In data analysis, the anova test is non-significant but sometimes while performing further post hoc test two group means are observed to be significantly different. At such condition how should i interpret the result?
You do post-hoc test only if the ANOVA is significant, not otherwise. Therefore your question is wrong. You should not do ad-hoc test if the ANOVA is not significant.
ANOVA and post-hoc tests are not testing the same thing from the data. So, you really cannot use the result of one to make a decision about the result of the other.
This is actually quite a complicated question to answer. It depends very much on the number of means you have and the type of post hoc test.
Not all post hoc tests require a significant omnibus F test. Some are designed to protect familywise Type one error only if the omnibus F test is statistically significant. The best known example of this is the Fisher LSD test. However, it is a poor test in that it doesn't fully protect Type I error with with more than three means. Other tests (probably the majority of common post hoc procedures) don't require a significant omnibus F test. A good example here is the Turkey HSD test, but one could include many others - notably the Holm, Hochberg and Hommel corrections. The Hochberg and Hommel corrections are particular good choices for pairwise post hoc tests (as they are among the most powerful options whilst also protecting Familywise error properly).
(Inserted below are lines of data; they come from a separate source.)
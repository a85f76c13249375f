// Small files, each with what is printed of it.
use crate::checking::{NOBODY, accepts, is_accepted, is_refused, refuses};
use crate::halting::Halting;
use crate::making::{BIDDER_3, begun, bidders_then, file_of, with_commas};
use crate::walking::read_through;
use cipher::CipherFault;
use engine::Variant;
use fault::{Fault, Layer, Place};
use file::{FileFault, Line, Reader, gather, hold_sale};
use std::io;
use std::test::Fail;

#[test]
fn a_file_is_accepted(rt: HostRuntime) -> Result<(), Fail> {
    accepts(
        &rt,
        &[
            (
                "17,dumbo,bows",
                "3,000102030405060708090a0b0c0d0e0f\n8,101112131415161718191a1b1c1d1e1f\n",
                "00\n",
                "line,answer\n9,8\n\nlot,bidder,amount\n",
            ),
            (
                "0,jumbo,",
                "0,000102030405060708090a0b0c0d0e0f\n",
                "",
                "line,answer\n\nlot,bidder,amount\n",
            ),
            (
                "4294967295,delirium,a,b,,c\r",
                "4294967295,ffffffffffffffffffffffffffffffff\n1,000102030405060708090a0b0c0d0e0f\n",
                "00\nabcdef0123456789\n",
                "line,answer\n9,8\n10,8\n\nlot,bidder,amount\n",
            ),
            (
                "1,dumbo,,",
                "9,000102030405060708090a0b0c0d0e0f\n",
                "",
                "line,answer\n\nlot,bidder,amount\n",
            ),
        ],
    )
}

// In each variant a genuine envelope, the same again, and that for another lot: the amounts are 250,000 cents, the limit, and one cent.
#[test]
fn a_standing_amount_is_on_the_page(rt: HostRuntime) -> Result<(), Fail> {
    accepts(
        &rt,
        &[
            (
                "17,dumbo,bows",
                BIDDER_3,
                "0000001100000003000000011e5e336d6208658d1232ad445787804e4592808a040730184ff08b8c5642104bee455e93471c\
                 c4e6498ab8161cbecfa758b8b3b2914d313eabbe700e0207d0410b740ec7898feaab\n\
                 0000001100000003000000011e5e336d6208658d1232ad445787804e4592808a040730184ff08b8c5642104bee455e93471c\
                 c4e6498ab8161cbecfa758b8b3b2914d313eabbe700e0207d0410b740ec7898feaab\n\
                 0100001100000003000000011e5e336d6208658d1232ad445787804e4592808a040730184ff08b8c5642104bee455e93471c\
                 c4e6498ab8161cbecfa758b8b3b2914d313eabbe700e0207d0410b740ec7898feaab\n",
                "line,answer\n8,0\n9,11\n10,9\n\nlot,bidder,amount\n17,3,250000\n",
            ),
            (
                "17,jumbo,bows",
                BIDDER_3,
                "000000110000000300000001726f8eec159620454b2ee49b8153c96a0a4144972d1d689a51f35e8363942a9d4f47d5adeb85\
                 8b8da913481aa1bd1f53b237f29cb2ebb4ac721c29ea225bf12b97dd1d9886254a0b\n\
                 000000110000000300000001726f8eec159620454b2ee49b8153c96a0a4144972d1d689a51f35e8363942a9d4f47d5adeb85\
                 8b8da913481aa1bd1f53b237f29cb2ebb4ac721c29ea225bf12b97dd1d9886254a0b\n\
                 010000110000000300000001726f8eec159620454b2ee49b8153c96a0a4144972d1d689a51f35e8363942a9d4f47d5adeb85\
                 8b8da913481aa1bd1f53b237f29cb2ebb4ac721c29ea225bf12b97dd1d9886254a0b\n",
                "line,answer\n8,0\n9,11\n10,9\n\nlot,bidder,amount\n17,3,999999999999\n",
            ),
            (
                "17,delirium,bows",
                BIDDER_3,
                "0000001100000003000000018d1984eca91a80eb63f6c3d417b1fa4bc21f91e0d0c4f9e830ca99dd3bffce00c060244fd129\
                 6db0acf80af2b0af33687988d2325d96091e43b4fbb3c90cd50b3b01761c546357fdba4de01803843f6f\n\
                 0000001100000003000000018d1984eca91a80eb63f6c3d417b1fa4bc21f91e0d0c4f9e830ca99dd3bffce00c060244fd129\
                 6db0acf80af2b0af33687988d2325d96091e43b4fbb3c90cd50b3b01761c546357fdba4de01803843f6f\n\
                 0100001100000003000000018d1984eca91a80eb63f6c3d417b1fa4bc21f91e0d0c4f9e830ca99dd3bffce00c060244fd129\
                 6db0acf80af2b0af33687988d2325d96091e43b4fbb3c90cd50b3b01761c546357fdba4de01803843f6f\n",
                "line,answer\n8,0\n9,11\n10,9\n\nlot,bidder,amount\n17,3,1\n",
            ),
        ],
    )
}

#[test]
fn the_form_of_the_lot(rt: HostRuntime) -> Result<(), Fail> {
    refuses(
        &rt,
        &[
            (0, "", 22, 1),
            (0, "\n", 22, 1),
            (0, "lot,variant,terms", 22, 1),
            (1, "", 22, 2),
            (0, "lot,variant\n17,dumbo,bows\n", 22, 1),
            (1, "17,dumbo", 22, 2),
            (1, "17,dumbo\n", 22, 2),
            (1, "17\n", 22, 2),
            (1, ",dumbo,\n", 22, 2),
            (1, "00,dumbo,\n", 22, 2),
            (1, "017,dumbo,\n", 22, 2),
            (1, "+1,dumbo,\n", 22, 2),
            (1, "1x,dumbo,\n", 22, 2),
            (1, "4294967296,dumbo,\n", 22, 2),
            (1, "99999999999999999999999,dumbo,\n", 22, 2),
            (1, "17,Dumbo,\n", 22, 2),
            (1, "17,,\n", 22, 2),
            (1, "17, dumbo,\n", 22, 2),
            (1, "17,dumbo,bows", 22, 2),
            (0, "\nlot,variant,terms\n17,dumbo,bows\n", 22, 1),
            (1, "17,dumbo,bows\n \n", 22, 3),
            (1, "17,dumbo,bows\n", 22, 3),
            (1, "17,dumbo,bows\nbidder,key\n", 22, 3),
            (0, "lot,variant,terms\r\n17,dumbo,bows\n", 22, 1),
        ],
    )
}

#[test]
fn the_form_of_the_bidders(rt: HostRuntime) -> Result<(), Fail> {
    refuses(
        &rt,
        &[
            (3, "", 22, 4),
            (3, "bidder,keys\n", 22, 4),
            (4, "", 22, 5),
            (4, "\n", 22, 5),
            (4, "3\n", 22, 5),
            (4, "03,000102030405060708090a0b0c0d0e0f\n", 22, 5),
            (4, "4294967296,000102030405060708090a0b0c0d0e0f\n", 22, 5),
            (4, "3,000102030405060708090a0b0c0d0e0f,\n", 22, 5),
            (4, "3,\n", 22, 5),
            (4, "3,000102030405060708090A0B0C0D0E0F\n", 22, 5),
            (4, "3,000102030405060708090a0b0c0d0e0\n", 22, 5),
            (4, "3,000102030405060708090a0b0c0d0e0f0\n", 22, 5),
            (4, "3,000102030405060708090a0b0c0d0e0g\n", 22, 5),
            (4, "3,000102030405060708090a0b0c0d0e0f", 22, 5),
            (5, "", 22, 6),
            (6, "4,000102030405060708090a0b0c0d0e0f\n", 22, 7),
            (5, "3,ffffffffffffffffffffffffffffffff\n", 17, 6),
            (5, "3,f\n", 22, 6),
            (5, "3,000102030405060708090a0b0c0d0e0f", 22, 6),
            (
                5,
                "4,000102030405060708090a0b0c0d0e0f\n3,000102030405060708090a0b0c0d0e0f\n",
                17,
                7,
            ),
        ],
    )
}

#[test]
fn the_form_of_the_envelopes(rt: HostRuntime) -> Result<(), Fail> {
    refuses(
        &rt,
        &[
            (6, "", 22, 7),
            (6, "envelopes\n", 22, 7),
            (6, "envelope", 22, 7),
            (7, "0\n", 22, 8),
            (7, "0g\n", 22, 8),
            (7, "00\r\n", 22, 8),
            (7, "00\n\n", 22, 9),
            (7, "00\n000\n", 22, 9),
            (7, "00\nAA\n", 22, 9),
            (7, "00\n00", 22, 9),
        ],
    )
}

#[test]
fn a_fault_tells_number_layer_and_line(rt: HostRuntime) {
    let f = FileFault::TermsLength { line: 2 };
    assert_eq!(rt; f.number(), 15);
    assert_eq!(rt; f.layer(), Layer::File);
    assert_eq!(rt; f.place(), Place::Line(2));
    assert_eq!(rt; FileFault::TooLong.number(), 23);
    assert_eq!(rt; FileFault::TooLong.place(), Place::Line(0));
    let held = FileFault::from(CipherFault::KeyLength);
    assert_eq!(rt; held.number(), 1);
    assert_eq!(rt; held.layer(), Layer::File);
    assert_eq!(rt; held.place(), Place::Line(0));
}

// Of a file that has no end 32,769 bytes are read.
#[test]
fn an_endless_file_is_too_long(rt: HostRuntime) -> Result<(), Fail> {
    let mut printed = Vec::new(rt.alloc());
    let status = hold_sale(rt.alloc(), io::repeat(b'x'), &mut printed)?;
    assert_eq!(rt; status, 1);
    assert_eq!(rt; printed.as_slice(), "refusal,line\n23,0\n".as_bytes());
    Ok(())
}

#[test]
fn a_sale_is_held_where_reading_is_interrupted(rt: HostRuntime) -> Result<(), Fail> {
    let file = file_of(rt.alloc(), "17,dumbo,bows", BIDDER_3, "00\n")?;
    let reader = Halting::new(file.as_bytes());
    let mut printed = Vec::new(rt.alloc());
    let status = hold_sale(rt.alloc(), reader, &mut printed)?;
    assert_eq!(rt; status, 0);
    assert_eq!(rt;
        printed.as_slice(),
        "line,answer\n8,8\n\nlot,bidder,amount\n".as_bytes()
    );
    Ok(())
}

// In a line the form goes before the limit of the terms, and a line before those behind it.
#[test]
fn terms_have_at_most_64_bytes(rt: HostRuntime) -> Result<(), Fail> {
    let terms = with_commas(rt.alloc(), "1,jumbo,", 64)?;
    let fits = file_of(rt.alloc(), &terms, BIDDER_3, "")?;
    is_accepted(&rt, fits.as_bytes(), "line,answer\n\nlot,bidder,amount\n")?;
    for (values, number) in [("1,jumbo,", 15), ("01,jumbo,", 22), ("1,rambo,", 22)] {
        let terms = with_commas(rt.alloc(), values, 65)?;
        let long = file_of(rt.alloc(), &terms, BIDDER_3, "")?;
        is_refused(&rt, long.as_bytes(), number, 2)?;
    }
    for (behind, number) in [("\nno empty line\n", 15), ("", 22)] {
        let mut terms = with_commas(rt.alloc(), "1,jumbo,", 65)?;
        terms.push_str(behind)?;
        let long = begun(rt.alloc(), 1, &terms)?;
        is_refused(&rt, long.as_bytes(), number, 2)?;
    }
    Ok(())
}

// In a line the form goes before the list, and there an equal bidder before the 65th.
#[test]
fn at_most_64_bidders(rt: HostRuntime) -> Result<(), Fail> {
    let bidders = bidders_then(rt.alloc(), 64, "")?;
    let fits = file_of(rt.alloc(), "1,jumbo,", &bidders, "")?;
    is_accepted(&rt, fits.as_bytes(), "line,answer\n\nlot,bidder,amount\n")?;
    for (next, number) in [
        ("64,000102030405060708090a0b0c0d0e0f\n\nenvelope\n", 18),
        ("63,000102030405060708090a0b0c0d0e0f\n\nenvelope\n", 17),
        ("064,000102030405060708090a0b0c0d0e0f\n", 22),
        ("64,000102030405060708090a0b0c0d0e0f", 22),
    ] {
        let bidders = bidders_then(rt.alloc(), 64, next)?;
        let many = begun(rt.alloc(), 4, &bidders)?;
        is_refused(&rt, many.as_bytes(), number, 69)?;
    }
    Ok(())
}

// The file of 20 bytes of terms and 10,888 envelopes of one byte has 32,768 bytes, and one more byte of terms is too much.
#[test]
fn a_file_has_at_most_32768_bytes(rt: HostRuntime) -> Result<(), Fail> {
    let mut envelopes = String::new(rt.alloc());
    let mut printed = String::from_str(rt.alloc(), "line,answer\n")?;
    for line in 8..10_896u32 {
        envelopes.push_str("00\n")?;
        write!(printed, "{line},8\n")?;
    }
    printed.push_str("\nlot,bidder,amount\n")?;
    let terms = with_commas(rt.alloc(), "1,jumbo,", 20)?;
    let fits = file_of(rt.alloc(), &terms, BIDDER_3, &envelopes)?;
    assert_eq!(rt; fits.len(), 32768);
    is_accepted(&rt, fits.as_bytes(), &printed)?;
    let terms = with_commas(rt.alloc(), "1,jumbo,", 21)?;
    let long = file_of(rt.alloc(), &terms, BIDDER_3, &envelopes)?;
    assert_eq!(rt; long.len(), 32769);
    is_refused(&rt, long.as_bytes(), 23, 0)
}

#[test]
fn the_size_goes_before_the_form(rt: HostRuntime) -> Result<(), Fail> {
    let fits = vec![in rt.alloc(); b'x'; 32768]?;
    is_refused(&rt, &fits, 22, 1)?;
    let long = vec![in rt.alloc(); b'x'; 32769]?;
    is_refused(&rt, &long, 23, 0)
}

#[test]
fn bidders_are_gathered_by_rising_number(rt: HostRuntime) -> Result<(), Fail> {
    let bidders = "8,101112131415161718191a1b1c1d1e1f\n3,000102030405060708090a0b0c0d0e0f\n";
    let file = file_of(rt.alloc(), "17,delirium,bows, new", bidders, "00\n")?;
    let mut places = [NOBODY; 64];
    match gather(file.as_bytes(), &mut places) {
        Ok(g) => {
            assert_eq!(rt; g.lot, 17);
            assert_eq!(rt; g.variant, Variant::Delirium);
            assert_eq!(rt; g.terms, "bows, new".as_bytes());
            assert_eq!(rt; g.count, 2);
        }
        Err(_) => return Err(Fail::new("refused")),
    }
    assert_eq!(rt; places[0].bidder, 3);
    assert_eq!(rt; places[0].key[15], 15);
    assert_eq!(rt; places[1].bidder, 8);
    assert_eq!(rt; places[1].key[0], 16);
    assert_eq!(rt; places[2].bidder, 0);
    Ok(())
}

#[test]
fn bidders_before_a_refused_line_stay_in_their_places(rt: HostRuntime) -> Result<(), Fail> {
    let bidders =
        "8,101112131415161718191a1b1c1d1e1f\n3,000102030405060708090a0b0c0d0e0f\n8,000102030405060708090a0b0c0d0e0f\n9,000102030405060708090a0b0c0d0e0f\n";
    let file = begun(rt.alloc(), 4, bidders)?;
    let mut places = [NOBODY; 64];
    let refusal = gather(file.as_bytes(), &mut places).err();
    assert_eq!(rt; refusal.map(|f| (f.number(), f.line())), Some((17, 7)));
    assert_eq!(rt; places[0].bidder, 3);
    assert_eq!(rt; places[1].bidder, 8);
    assert_eq!(rt; places[1].key[0], 0x10);
    assert_eq!(rt; places[2].bidder, 0);
    Ok(())
}

#[test]
fn a_reader_gives_envelopes_with_their_lines(rt: HostRuntime) -> Result<(), Fail> {
    let file = begun(rt.alloc(), 7, "00ff\n")?;
    let mut reader = Reader::new(file.as_bytes());
    let _ = reader.next();
    let _ = reader.next();
    match reader.next() {
        Some(Ok(Line::Envelope { line, digits })) => {
            assert_eq!(rt; line, 8);
            assert_eq!(rt; digits, "00ff".as_bytes());
        }
        _ => return Err(Fail::new("no envelope")),
    }
    match reader.next() {
        None => Ok(()),
        Some(_) => Err(Fail::new("more than one")),
    }
}

#[test]
fn a_walk_ends_with_the_file_or_at_the_line_that_is_refused(rt: HostRuntime) -> Result<(), Fail> {
    let whole = begun(rt.alloc(), 7, "00ff\n01\n")?;
    assert!(rt; read_through(whole.as_bytes()).is_ok());
    let broken = begun(rt.alloc(), 7, "00ff\n0\n01\n")?;
    let refusal = read_through(broken.as_bytes()).err();
    assert_eq!(rt; refusal.map(|f| (f.number(), f.line())), Some((22, 9)));
    Ok(())
}

#[test]
fn as_an_iterator_a_reader_ends_only_where_the_file_is_accepted(
    rt: HostRuntime,
) -> Result<(), Fail> {
    let whole = begun(rt.alloc(), 7, "00ff\n01\n")?;
    assert_eq!(rt; Reader::new(whole.as_bytes()).take(9).count(), 4);
    let broken = begun(rt.alloc(), 7, "00ff\n0\n01\n")?;
    // A refusal comes again at each call.
    assert_eq!(rt; Reader::new(broken.as_bytes()).take(9).count(), 9);
    Ok(())
}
As to why it occurs, that's also quite subtle. As Blaine Tomkins mentioned they are not testing the same hypothesis. The omnibus test is testing the overall pattern for any deviations among the means. By restricting the hypotheses to pairwise differences you reduce the scope of the test. The more general scope of the omnibus test has less statistical power than the focused pairwise tests. This is a general principle - vague hypothesis tests have less statistical power than precise ones.
There is a section in my book Book Serious stats: A guide to advanced statistics for the behavi...
on this, but it should be covered in most advanced statistics texts. Many introductory texts however get this wrong and incorrectly state that out posts hoc tests must follow a significant omnibus F test.
What is the consequence of following this incorrect advice? Very simply there is a loss of statistical power if you use a test like Tukey's HSD only following a significant omnibus F test. If you use a test like Fisher's LSD you may be OK but it could also inflate Type I error rates (e.g., with more than 3 means).